March 15, 2017
Activities /
Posted by NCID

On March 13th, Juan Pablo Rud from Royal Holloway at the University of London, who is also a fellow at IFS, presented his paper titled: “Extreme Weather, Climate Change, and Agricultural Productivity: Effects and Responses in Rural Peru.” This topic is of special importance for the livelihood of poor farming households in developing regions since estimates predict a temperature increase of 2ºC in tropical regions, which could harm wheat, maize and rice crop yields. The paper sets out to examine the effects of extreme weather in poor agricultural areas in Peru, using data from a monthly survey to agricultural households. One contribution of their research is to geo-match household information with high-frequency satellite data on daylight temperature and total accumulation.

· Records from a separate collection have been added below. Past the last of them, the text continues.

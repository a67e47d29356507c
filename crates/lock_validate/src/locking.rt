//! How a lock begins.
ghost use Rattle.std.specs.Prelude.{◌≡◌, IsOk, IfOk, OnOk};
ghost use Rattle.dom_history.specs.declared.deed.LockState.TheVariants.{Free};
ghost use Rattle.dom_history.specs.declared.op.Op.{Op};
ghost use Rattle.fault_handler.specs.Outcomes.{Gives};
ghost use Rattle.fault_handler.specs.Conditions.{IsOf, IsIdle};
ghost use Rattle.fault_handler.specs.Ready.{IsReady};
ghost use Rattle.fault_handler.specs.Next.{FitsTurn, IsAsked, IsNext};
ghost use Rattle.lock_validate.specs.Steps.{as_step, TellsTurn};
ghost use Rattle.lock_validate.specs.Locking.{lock_from, begin_lock_of};

use crate::sends::{end, send};
use crate::step::Step;
use dom_history::Reply;
use fault_handler::{Desk, LockState, OpenCall};
use ring_messages::Body;
use std::alloc::Global;
use uid_names::{Mode, NoMemory, PROCESS_LOCKS, ProcId, Uid};

/// Begins a lock. Takes no memory.
pub fn begin_lock(
    alloc: Global,
    desk: &mut Desk,
    proc: ProcId,
    uid: Uid,
    mode: Mode,
) -> Result<Step, NoMemory>
    requires own { IsOf desk.old proc }
    requires idle { IsIdle desk.old proc.number }
    ensures done { IsOk result }
    ensures outcome { IfOk result (Gives as_step desk.new (begin_lock_of desk.old proc.number uid mode)) }
    ensures fits { IfOk result (TellsTurn (FitsTurn (Op.Lock uid mode))) }
    ensures asks { IfOk result (TellsTurn (IsAsked desk.new.nodes)) }
    ensures next { IfOk result (TellsTurn (IsNext desk.new proc.number (Op.Lock uid mode))) }
    ensures ready { OnOk result (IsReady desk.new proc.number) }
    ensures node { OnOk result (desk.new.node ≡ desk.old.node) }
    ensures nodes { OnOk result (desk.new.nodes ≡ desk.old.nodes) }
{
    let state = desk.state(proc, uid);
    Ok(lock_by(alloc, desk, proc, uid, mode, state))
}

/// Begins a lock, from the process's state on the object.
fn lock_by(
    alloc: Global,
    desk: &mut Desk,
    proc: ProcId,
    uid: Uid,
    mode: Mode,
    state: LockState,
) -> Step
    requires own { IsOf desk.old proc }
    requires idle { IsIdle desk.old proc.number }
    ensures { Gives as_step desk.new (lock_from desk.old proc.number uid mode state) result }
{
    match state {
        LockState::Held(_) => end(alloc, Reply::AlreadyHeld),
        LockState::Taking(_) | LockState::Releasing(_) | LockState::Deleting => {
            end(alloc, Reply::Unsettled)
        }
        LockState::Free => lock_free(alloc, desk, proc, uid, mode),
    }
}

/// Begins a lock on an object on which the process is Free.
fn lock_free(alloc: Global, desk: &mut Desk, proc: ProcId, uid: Uid, mode: Mode) -> Step
    requires own { IsOf desk.old proc }
    requires idle { IsIdle desk.old proc.number }
    ensures { Gives as_step desk.new (lock_from desk.old proc.number uid mode Free) result }
{
    if usize::from(desk.not_free(proc)) >= PROCESS_LOCKS {
        return end(alloc, Reply::TooMany);
    }
    let home = uid.home();
    if home.number() > desk.nodes() {
        return end(alloc, Reply::NoObject);
    }
    let (call, body) = (OpenCall::Lock(uid, mode), Body::Lock { uid, mode });
    send(alloc, desk, proc, call, home, body)
}
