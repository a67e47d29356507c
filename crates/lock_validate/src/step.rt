//! What a call of locking, unlocking or removal comes to.
use dom_history::{Dropped, Reply};
use ring_messages::Body;
use uid_names::{NodeId, Uid};

/// What a call comes to, and the pages that it dropped.
#[derive(Drop, Debug)]
pub enum Step {
    /// A home is asked.
    Send(NodeId, Body, Dropped),
    /// The operation waits for this page, which another process of the node has in transit.
    Wait(Uid, u32, Dropped),
    /// The operation ends with this reply.
    End(Reply, Dropped),
}
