//! A link fault ends the call of a lock, an unlock or a removal.
ghost use Rattle.std.specs.Prelude.{◌≡◌, None, IsSome, IfSome};
ghost use Rattle.std.specs.Option.{ForSome};
ghost use Rattle.dom_history.specs.declared.op.Op.{Op};
ghost use Rattle.dom_history.specs.Fitting.{Fits};
ghost use Rattle.fault_handler.specs.Desks.{open_call_of};
ghost use Rattle.fault_handler.specs.Outcomes.{ended};
ghost use Rattle.fault_handler.specs.LockCalls.{lock_call};
ghost use Rattle.fault_handler.specs.Invariant.{IsDesk};
ghost use Rattle.fault_handler.specs.Conditions.{IsOf, IsIdle};
ghost use Rattle.fault_handler.specs.Ready.{CallStands, IsReady};
ghost use Rattle.fault_handler.specs.Next.{IsOpen};
ghost use Rattle.lock_validate.specs.Answers.{lock_call_of};
ghost use Rattle.lock_validate.specs.Faults.{failed, call_failed_of};

use dom_history::Reply;
use fault_handler::{Desk, LockState, OpenCall};
use uid_names::ProcId;

/// A link fault ended the process's open call: the lock is kept where its release or removal was not sent
/// yet, and else whether the home acted is open. Takes no memory.
pub fn call_failed(desk: &mut Desk, proc: ProcId) -> Reply
    requires own { IsOf desk.old proc }
    requires ready { IsReady desk.old proc.number }
    requires lock { IsSome (lock_call_of desk.old proc.number) }
    ensures outcome { ForSome (lock_call_of desk.old proc.number) (λ call. call_failed_of desk.old proc.number call ≡ ended desk.new result) }
    ensures fits { (op : Op) → IsOpen desk.old proc.number op → Fits op result }
    ensures next { IsIdle desk.new proc.number }
    ensures ready { IsReady desk.new proc.number }
    ensures node { desk.new.node ≡ desk.old.node }
    ensures nodes { desk.new.nodes ≡ desk.old.nodes }
{
    let call = desk.open_call(proc);
    desk.set_open_call(proc, None);
    match call {
        Some(call) => failed(desk, proc, call),
        None => unreachable!(),
    }
}

/// A link fault ends the call that was open.
fn failed(desk: &mut Desk, proc: ProcId, call: OpenCall) -> Reply
    requires own { IsOf desk.old proc }
    requires kept { IsDesk desk.old }
    requires closed { open_call_of desk.old proc.number ≡ None }
    requires lock { IsSome (lock_call call) }
    requires stands { IfSome (lock_call call) (CallStands desk.old proc.number) }
    ensures { IfSome (lock_call call) (λ c. failed desk.old proc.number c ≡ ended desk.new result) }
{
    match call {
        OpenCall::Lock(uid, mode) => {
            desk.set_state(proc, uid, LockState::Taking(mode), 0);
            Reply::Doubt
        }
        OpenCall::PageOut(..) => {
            desk.page_done(proc, false);
            Reply::Kept
        }
        OpenCall::AttrOut(..) => Reply::Kept,
        OpenCall::Unlock(uid) => {
            let mode = desk.state(proc, uid).mode();
            desk.set_state(proc, uid, LockState::Releasing(mode), 0);
            Reply::Doubt
        }
        OpenCall::Remove(uid) => {
            desk.set_state(proc, uid, LockState::Deleting, 0);
            Reply::Doubt
        }
        OpenCall::Access => unreachable!(),
    }
}
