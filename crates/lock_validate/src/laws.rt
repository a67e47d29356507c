//! Laws of a desk. Each stands on a function without a body, so that the check proves it.
ghost use Rattle.std.specs.Prelude.{◌≡◌, ◌≢◌, ℕ, true, None, Some, IsSome, [], ◌∷◌};
ghost use Rattle.uid_names.specs.Names.{ObjectName};
ghost use Rattle.dom_history.specs.declared.op.Op.{Op};
ghost use Rattle.dom_history.specs.Events.{ArePagesRising};
ghost use Rattle.page_cache.specs.Caches.{page_at, free_count};
ghost use Rattle.fault_handler.specs.declared.tasks.Task.{Task};
ghost use Rattle.fault_handler.specs.Lengths.{known_of, is_changed};
ghost use Rattle.fault_handler.specs.Transits.{going};
ghost use Rattle.fault_handler.specs.Desks.{DeskState, any_writes, moving_of, is_in_transit_there};
ghost use Rattle.fault_handler.specs.Victims.{Victim, is_idle_page, MayMakeRoom, named_victim};
ghost use Rattle.fault_handler.specs.Invariant.{IsProc, is_dirty, AreApart, IsDesk};
ghost use Rattle.fault_handler.specs.Conditions.{IsIdle};
ghost use Rattle.fault_handler.specs.Ready.{IsReady};
ghost use Rattle.fault_handler.specs.Next.{FitsTurn, IsAsked, IsNext};
ghost use Rattle.fault_handler.specs.Drops.{DropsOnly};
ghost use Rattle.fault_handler.specs.Accesses.{Always, room_made};
ghost use Rattle.lock_validate.specs.Bounded.{IsBounded, IsToldWithin, StaysWithin};
ghost use Rattle.lock_validate.specs.Causes.{Cause, comes_of, MayCome, AfterEach, IsOf};
ghost use Rattle.lock_validate.specs.Settled.{GivesUpSettled};
ghost use Rattle.lock_validate.specs.Dropped.{MayDropPages};
ghost use Rattle.lock_validate.specs.Room.{FindsRoom};
ghost use Rattle.lock_validate.specs.Turns.{IsMade};
ghost use Rattle.lock_validate.specs.Untouched.{IsUntouched, IsSameDesk};
ghost use Rattle.lock_validate.specs.Waiting.{WaitsForAnother, WaitsForFetch};

use fault_handler::Desk;
use uid_names::laws::may_cross_threads;

/// Each call is a few of the changes that a desk knows, one after another, and its outcome tells what they made.
pub fn each_call_is_moves()
    ensures { AfterEach (λ d p c m. IsMade c p d m) }
{}

/// Each call keeps what each desk keeps; and the desk stays that of its node, with its frames.
pub fn a_call_leaves_a_desk()
    ensures desk { AfterEach (λ d p c m. IsDesk m.desk) }
    ensures same { AfterEach (λ d p c m. IsSameDesk d m.desk) }
{}

/// After a call its process is ready again: it may go on, or its open call stands. What is asked is what a frame to that home
/// can carry, and the home a node; a reply is one that the operation can have; and where a home is asked the open call is one
/// of the operation, and the request that of the call.
pub fn a_call_leaves_its_process_ready()
    ensures ready { AfterEach (λ d p c m. IsReady m.desk p) }
    ensures asks { AfterEach (λ d p c m. IsAsked m.desk.nodes m.turn) }
    ensures fits { AfterEach (λ d p c m. (op : Op) → IsOf d p c op → FitsTurn op m.turn) }
    ensures next { AfterEach (λ d p c m. (op : Op) → IsOf d p c op → IsNext m.desk p op m.turn) }
{}

/// A call of one process leaves what the desk keeps for another: its locks, its mappings, its open call, its
/// load or store, and the page that it moves.
pub fn a_process_leaves_the_others()
    ensures { AfterEach (λ d p c m. (q : ℕ) → IsProc q → q ≢ p → IsUntouched d m.desk q) }
{}

/// So the other's call stands as before, or it may go on as before.
pub fn what_is_untouched_stands()
    ensures ready { (d e : DeskState) (q : ℕ) → IsUntouched d e q → IsReady d q → IsReady e q }
    ensures idle { (d e : DeskState) (q : ℕ) → IsUntouched d e q → IsIdle d q → IsIdle e q }
{}

/// The pages that a call drops are told, and nothing else goes.
pub fn what_is_dropped_is_told()
    ensures { AfterEach (λ d p c m. DropsOnly d.cache.pages m.desk.cache.pages m.dropped) }
{}

/// A load or store drops one page at most, and only to make room, where no frame is free: one that is clean and not in
/// transit. Else pages are dropped only at an answer: at a grant whose stamp is not the seen one, or where the object is
/// known to be gone, and in either case only where no process of the node keeps it.
pub fn pages_are_dropped_only_where_they_may_be()
    ensures { AfterEach (λ d p c m. MayDropPages d p c m.dropped) }
{}

/// Which page makes room is free: any clean page that is not in transit may, and it alone is dropped then.
pub fn any_clean_page_may_make_room()
    ensures may { (d : DeskState) (u : ObjectName) (k : ℕ) → is_idle_page d u k ≡ true →
        MayMakeRoom d (Victim.Drops u k) }
    ensures dropped { (d : DeskState) (p : ℕ) (task : Task) (u : ObjectName) (k : ℕ) →
        (room_made d p task (Victim.Drops u k)).dropped ≡ (u, k) ∷ [] }
{}

/// The pages that a call drops rise strictly, by object and then by number, as those of an event do.
pub fn dropped_pages_rise()
    ensures { AfterEach (λ d p c m. ArePagesRising m.dropped) }
{}

/// A lock that is held in a mode that writes is given up, and an object is removed, only where no page of the object is
/// dirty or moved by another process and its length is unchanged, whatever a home answered.
pub fn what_is_given_up_is_settled()
    ensures { AfterEach (λ d p c m. GivesUpSettled m.desk p m.turn) }
{}

/// A page that is waited for is one that another process has in transit; a load or store waits for one that comes
/// from its home.
pub fn a_wait_is_for_a_page_that_another_process_moves()
    ensures moved { AfterEach (λ d p c m. WaitsForAnother m.desk p m.turn) }
    ensures fetched { AfterEach (λ d p c m. WaitsForFetch c m.desk p m.turn) }
{}

/// With five frames and four processes a page can always be chosen to make room, for a process that moves none. So wherever
/// a call needs room a page is named, and it may make it: what a call of the code comes to is among what is said here.
pub fn a_page_can_be_chosen()
    ensures there { (d : DeskState) (p : ℕ) → IsDesk d → IsProc p → moving_of d p ≡ None → free_count d.cache ≡ 0 →
        IsSome (named_victim d) }
    ensures found { (d : DeskState) (p : ℕ) (c : Cause) → IsDesk d → IsProc p → MayCome d p c → FindsRoom (comes_of d p c) }
{}

/// Where no known room or length, no resident page and no page of an open load or store lies above a room, nor what a grant
/// tells, the desk stays so, and asks nothing above it.
pub fn what_is_asked_lies_within_what_is_known()
    ensures { (room : ℕ) (d : DeskState) (p : ℕ) (c : Cause) → IsDesk d → IsProc p → MayCome d p c → IsBounded room d → IsToldWithin room c →
        Always p (StaysWithin room) (comes_of d p c) }
{}

/// A page is dirty, and a length changed, only where a process of the node keeps the object in a mode that writes.
pub fn what_is_changed_has_a_writer()
    ensures page { (d : DeskState) (u : ObjectName) (k : ℕ) → IsDesk d → is_dirty (page_at d.cache.pages u k) ≡ true →
        any_writes d.entries u ≡ true }
    ensures length { (d : DeskState) (u : ObjectName) → IsDesk d → is_changed (known_of u d.known) ≡ true →
        any_writes d.entries u ≡ true }
{}

/// A page that is resident and in transit goes home, by a process, and no two processes move one page.
pub fn a_page_in_transit_is_moved_by_one_process()
    ensures moved { (d : DeskState) (u : ObjectName) (k : ℕ) → IsDesk d → IsSome (page_at d.cache.pages u k) →
        is_in_transit_there d.moving u k ≡ true → (q : ℕ) × IsProc q × (moving_of d q ≡ going u k) }
    ensures alone { (d : DeskState) → IsDesk d → AreApart d.moving }
{}

/// Threads may hand each other desks.
pub fn desks_may_cross_threads() {
    may_cross_threads::<Desk>();
}
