// Table files, read. Reading is two parts (RULES 7.4): did the file come whole, which is `arrival`'s; and its figures, which are taken out here. What the
// bytes mean is in the rules; how figures and records are read is `fields`', and what they are together `contents`'.
#![tactic(auto)]

ghost use Rattle.std.specs.Prelude.{◌≡◌, true};
ghost use Rattle.rules.specs.Chain.{is_accepted, granted};
ghost use Rattle.rules.specs.File.{check_whole, decode};
ghost use Rattle.rules.specs.Refusals.{check_tasks, check_table};
ghost use Rattle.rules.specs.Operations.{taking, reading, check_file};
ghost use Rattle.fields.specs.Places.{Sized};

use places::Header;
use rules::{Refusal, Table};

// ---- the second part: of a file that came whole. Nothing outside this crate can call these

// 9 to 11.
fn records_in(file: &[u8]) -> Result<(), Refusal>
    requires { Sized file.now }
    ensures { result ≡ granted (check_tasks (decode file.now)) tt }
{
    let header = Header::of(file);
    task_walk::check_each(header.cores, header.tasks, |k| {
        fields::task_at(file, usize::from(k) - 1)
    })
}

// 5 to 11 and 16, from the bytes: no table is made.
fn figures_refusal(file: &[u8]) -> Result<(), Refusal>
    requires { is_accepted (check_whole file.now) ≡ true }
    ensures { result ≡ granted (check_table (decode file.now)) tt }
{
    contents::board(file)?;
    records_in(file)
}

// The figures taken out: 5 to 11 and 16, then the table.
fn take(file: &[u8]) -> Result<Table, Refusal>
    requires { is_accepted (check_whole file.now) ≡ true }
    ensures { result ≡ granted (taking file.now).refusal (taking file.now).table }
{
    figures_refusal(file)?;
    let header = Header::of(file);
    Ok(contents::table(file, header.form, header.tasks))
}

// ---- the first part and then the second

// Reading.
pub fn read(file: &[u8]) -> Result<Table, Refusal>
    ensures { result ≡ granted (reading file.now).refusal (reading file.now).table }
{
    arrival::whole(file)?; // the first part
    take(file)
}

// What reading refuses, where the table is not asked for: 1 to 4, then 5 to 11 and 16.
pub fn check(file: &[u8]) -> Result<(), Refusal>
    ensures { result ≡ granted (check_file file.now) tt }
{
    arrival::whole(file)?;
    figures_refusal(file)
}
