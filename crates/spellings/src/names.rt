//! Names of rows.

ghost use Rattle.std.specs.Prelude.{◌≡◌, ◌==◌, ◌||◌, IsTrue, IfOk, string_bytes};
ghost use Rattle.std.specs.List.{list_all};
ghost use Rattle.spellings.specs.Names.{is_alphabetic, starts_alphabetic, is_name};
ghost use Rattle.spellings.specs.Numbers.{is_digit};

use std::alloc::{AllocError, Global};

// The most bytes that a name has.
const MOST_BYTES: usize = 32;

// Whether there is a byte, and the first is a letter.
fn starts_alphabetic(word: &[u8]) -> bool
    ensures { result ≡ starts_alphabetic word.now }
{
    match word {
        [first, ..] => first.is_ascii_alphabetic(),
        [] => false,
    }
}

// Whether the byte may stand in a name.
fn is_name_byte(byte: u8) -> bool
    ensures { result ≡ (is_alphabetic byte || is_digit byte || byte == 95) }
{
    byte.is_ascii_alphanumeric() || byte == b'_'
}

// Whether each byte may stand in a name.
fn has_name_bytes_alone(word: &[u8]) -> bool
    ensures { result ≡ list_all (λ c. is_alphabetic c || is_digit c || c == 95) word.now }
{
    word.iter().all(|byte| is_name_byte(*byte))
}

/// Whether the word is a name: 1 to 32 bytes out of `a` to `z`, `A` to `Z`, `0` to `9` and `_`, the
/// first a letter.
pub fn is_name(word: &[u8]) -> bool
    ensures { result ≡ is_name word.now }
{
    starts_alphabetic(word) && word.len() <= MOST_BYTES && has_name_bytes_alone(word)
}

/// A name as text.
#[tactic(auto, using(crate::proofs::NameText::name_is_text))]
pub fn name_text(alloc: Global, word: &[u8]) -> Result<String, AllocError>
    requires { IsTrue (is_name word.now) }
    ensures { IfOk result (λ s. string_bytes s ≡ word.now) }
{
    // A name is ASCII, so nothing is lost.
    String::from_utf8_lossy(alloc, word)
}
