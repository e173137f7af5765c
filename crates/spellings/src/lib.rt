//! The spellings of a script: lines, words, numbers, times and names, as bytes.
#![tactic(auto)]

mod cut;
pub mod lines;
pub mod names;
pub mod numbers;
#[cfg(test)]
mod tests;

pub use lines::{is_content, line_at, word_in, words_in};
pub use names::{is_name, name_text};
pub use numbers::{plain, plain_number, tick, whole_number};
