use crate::{
    is_content, is_name, line_at, name_text, plain, plain_number, tick, whole_number, word_in,
    words_in,
};
use std::test::Fail;

#[test]
fn numbers(rt: HostRuntime) {
    for (word, most, want) in [
        ("00001", 1, Some(1)),
        ("00000000000000000007", u64::MAX, Some(7)),
        ("000000000000000000007", u64::MAX, None),
        ("18446744073709551615", u64::MAX, Some(18446744073709551615)),
        ("18446744073709551616", u64::MAX, None),
        ("99999999999999999999", u64::MAX, None),
        ("4294967295", 4294967295, Some(4294967295)),
        ("4294967296", 4294967295, None),
        ("", 9, None),
        ("+1", 9, None),
        ("-1", 9, None),
    ] {
        assert_eq!(rt; plain_number(word.as_bytes(), most), want, "{word}");
    }
    for (word, want) in [
        ("7", Some(7)),
        ("-0", Some(0)),
        ("-00000000000000000012", Some(-12)),
        ("-000000000000000000012", None),
        ("9223372036854775807", Some(9223372036854775807)),
        ("9223372036854775808", None),
        ("-9223372036854775808", Some(-9223372036854775808)),
        ("-9223372036854775809", None),
        ("-", None),
        ("--1", None),
        ("", None),
    ] {
        assert_eq!(rt; whole_number(word.as_bytes()), want, "{word}");
    }
}

#[test]
fn times(rt: HostRuntime) {
    for (word, most, want) in [
        ("0", 0, Some(0)),
        ("1/2", 4294967296, Some(32768)),
        ("3/4", 4294967296, Some(49152)),
        ("3/0004", 4294967296, Some(49152)),
        ("1/3", 4294967296, None),
        ("65535/65536", 4294967296, Some(65535)),
        ("1/131072", 4294967296, None),
        ("65536", 4294967296, Some(4294967296)),
        ("65536", 4294967295, None),
        ("4294967295/65536", 4294967295, Some(4294967295)),
        ("4294967297/65536", 4294967296, None),
        ("99999999999999999999", u64::MAX, None),
        ("99999999999999999999/65536", u64::MAX, None),
        ("1/0", 4294967296, None),
        ("/2", 4294967296, None),
        ("1/", 4294967296, None),
        ("4/2/2", 4294967296, None),
        ("-1", 4294967296, None),
    ] {
        assert_eq!(rt; tick(word.as_bytes(), most), want, "{word}");
    }
}

#[test]
fn names(rt: HostRuntime) -> Result<(), Fail> {
    for (word, want) in [
        ("a", true),
        ("Z9_z", true),
        ("remove", true),
        ("abcdefghijklmnopqrstuvwxyz012345", true),
        ("abcdefghijklmnopqrstuvwxyz0123456", false),
        ("_a", false),
        ("9a", false),
        ("a-b", false),
        ("", false),
    ] {
        assert_eq!(rt; is_name(word.as_bytes()), want, "{word}");
        if is_name(word.as_bytes()) {
            let text = name_text(rt.alloc(), word.as_bytes())?;
            assert_eq!(rt; text.as_str(), word);
        }
    }
    Ok(())
}

#[test]
fn lines(rt: HostRuntime) -> Result<(), Fail> {
    let text = "shape 2  2\r\n\t# a\r\r\n\n \t\r\n\tsig\t0 1 ".as_bytes();
    let mut from = 0;
    for (line, content, words) in [
        ("shape 2  2", true, 3),
        ("\t# a\r", false, 2),
        ("", false, 0),
        (" \t", false, 0),
        ("\tsig\t0 1 ", true, 3),
    ] {
        let (end, after) = line_at(text, from).expect(&rt, "a line");
        let first = &text[from..end];
        assert_eq!(rt; first, line.as_bytes(), "{line}");
        assert_eq!(rt; is_content(first), content, "{line}");
        assert_eq!(rt; words_in(rt.alloc(), first)?.len(), words, "{line}");
        from = after;
    }
    assert_eq!(rt; from, text.len());
    assert!(rt; line_at(text, from).is_none());
    for (word, want) in words_in(rt.alloc(), "\tsig\t0 1/2 ".as_bytes())?
        .iter()
        .zip(["sig", "0", "1/2"].iter())
    {
        assert_eq!(rt; *word, want.as_bytes());
    }
    Ok(())
}

#[test]
fn places(rt: HostRuntime) {
    let line = "\tsig\t0 1/2 ".as_bytes();
    for (from, place) in [
        (0, Some((1, 4))),
        (4, Some((5, 6))),
        (6, Some((7, 10))),
        (10, None),
        (11, None),
    ] {
        assert_eq!(rt; word_in(line, from), place, "from {from}");
    }
    for (bytes, from, place) in [
        ("", 0, None),
        ("\r", 0, Some((0, 1))),
        ("\n\r\n", 0, Some((0, 1))),
        ("\n\r\n", 1, Some((1, 3))),
        ("a\r\r", 0, Some((2, 3))),
        ("a\n", 2, None),
    ] {
        assert_eq!(rt;
            line_at(bytes.as_bytes(), from),
            place,
            "{bytes:?} from {from}"
        );
    }
    assert_eq!(rt;
        plain("99999999999999999999".as_bytes()),
        Some(99_999_999_999_999_999_999)
    );
    assert_eq!(rt; plain("099999999999999999999".as_bytes()), None);
    assert_eq!(rt; plain("-1".as_bytes()), None);
}
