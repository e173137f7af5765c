//! A list of bytes in two.

ghost use Rattle.std.specs.Prelude.{◌≡◌, ◌==◌, ◌<◌, length, IfSome, MatchOption, true, false};
ghost use Rattle.std.specs.List.{list_any, position, before_first, after_first};

// The index of the first such byte.
fn place_of(bytes: &[u8], byte: u8) -> Option<usize>
    ensures value { result ≡ position (λ c. c == byte) bytes.now }
    ensures within { IfSome result (λ place. place < length bytes.now) }
{
    bytes.iter().position(|other| *other == byte)
}

// What stands before the first such byte, and what stands after it.
#[tactic(auto, using(crate::proofs::Places::any_before_end))]
pub(crate) fn cut_at(bytes: &[u8], byte: u8) -> Option<(&[u8], &[u8])>
    ensures { MatchOption result (list_any (λ c. c == byte) bytes.now ≡ false) (λ r. (list_any (λ c. c == byte) bytes.now ≡ true) × (r.0.now ≡ before_first (λ c. c == byte) bytes.now) × (r.1.now ≡ after_first (λ c. c == byte) bytes.now)) }
{
    let place = place_of(bytes, byte)?;
    Some((&bytes[..place], &bytes[place + 1..]))
}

Using a production model approach, Rud pins down how extreme weather events decrease total factor productivity, and most importantly, relates this to a decrease in yields, which is defined in the paper as output per unit of land used. This is achieved by considering that conditions not only have an impact in a botanical setting, but also, in an economic setting, such that adjustments are made by producers who face imperfect markets and various constraints that hinder complete mitigation.

Rud considers nonlinearities in the relationship between temperatures and yields which are found in the literature. That is, only if temperatures are too high- or too low- will they negatively impact yields. Considering that Peru is not prone to frosting or hail, Rud only considers high temperatures. Thus, three sets of measurements, which count degree days (DD), high degree days (HDD) and very high degree days (HDD), are constructed. The threshold temperature- namely the highest degree after which a day is considered a HDD- with the highest explanatory power was chosen. Geographical variation was considered as well. In Peru, the coast is warmer and wealthier, on average, than the highlands.

Results suggest that HDD are considerably harmful to total factor productivity across both regions. However, mitigation methods differ. In the coast, high temperatures have a negative impact on output and producers adjust by hiring less paid labor and relying more on labor supplied by family members. Conversely, the highlands, which are closer to subsistence levels, increase their use of land such that output does not fall.

Ultimately, Rud simulates several climate change scenarios by assuming different temperature increases, uniformly, across the coast and highlands. It seems that, on average, the coast would incur great losses while the highlands would benefit from higher temperatures. Therefore, their simulations predict a redistribution effect because of climate change.